2. Cell culture techniques, substrates, environmental requirements and optimization, cloning, hybridization and molecular biology, including genomic and proteomic tools.
3. Cell culture systems, processes, reactors, scale-up, and industrial production. Descriptions of the design or construction of equipment, media or quality control procedures, that are ancillary to cellular research.
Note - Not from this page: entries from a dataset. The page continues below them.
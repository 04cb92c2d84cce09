//! The debugger: a machine that obeys commands, and tells what they came to.
//!
//! `read_script` reads commands, one a line. `Debug::start` takes a machine, `Debug::obey` does a command and writes its lines, and
//! `Debug::end` hands the machine back.
//!
//! | command | does and writes |
//! |---|---|
//! | `step N` | N turns, fewer where there are no more; then `* turn K`, K being the turns completed since boot |
//! | `event N` | turns until N more events ended |
//! | `break M` | turns until message M is in flight or its event ended; then `* in flight M` where it is in flight |
//! | `show rom N`, `show ram N` | `* rom N t x y z` or `* ram N t x y z`, each word in 8 hexadecimal digits, or `none` in their place |
//! | `queue` | `* ready M` for each ready message in order |
//! | `sheet` | for each sponsor in order of making three lines: `* sponsor K memory received R passed P spent S held H`, and so on |
//! | `back N`, N from 1 to 64 | the last N entries since the start, oldest first, of the 64 that are kept |
//!
//! Numbers have 1 to 9 digits. An entry is written as `* event M committed`, `* event M failed: TEXT` or `* event M spent KIND`, by `event`
//! and `break` directly behind what the turn that adds it writes. Where the root ran out, before or in their turns, both end with `* spent`
//! and no other line. Where the machine is at rest they end with `* rest` if it was so before, or if what they wait for did not come.
#![tactic(auto)]

mod command;
mod debug;
mod laws;
mod line;
mod lines;
mod rest;
mod script;
mod sheet;
mod texts;
mod wait;

pub use command::{Command, Place};
pub use debug::Debug;
pub use laws::{commands_end, rests_have_no_turn};
pub use script::{ScriptError, read_script};
pub use std::alloc::AllocError as NoMemory;
pub use vm_devices::WriteFault;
4. The application of animal/human cells in research in the field of stem cell research including maintenance of stemness, differentiation, genetics, and senescence, cancer research, research in immunology, as well as applications in tissue engineering and gene therapy.
5. The use of cell cultures as a substrate for bioassays, biomedical applications and in particular as a replacement for animal models.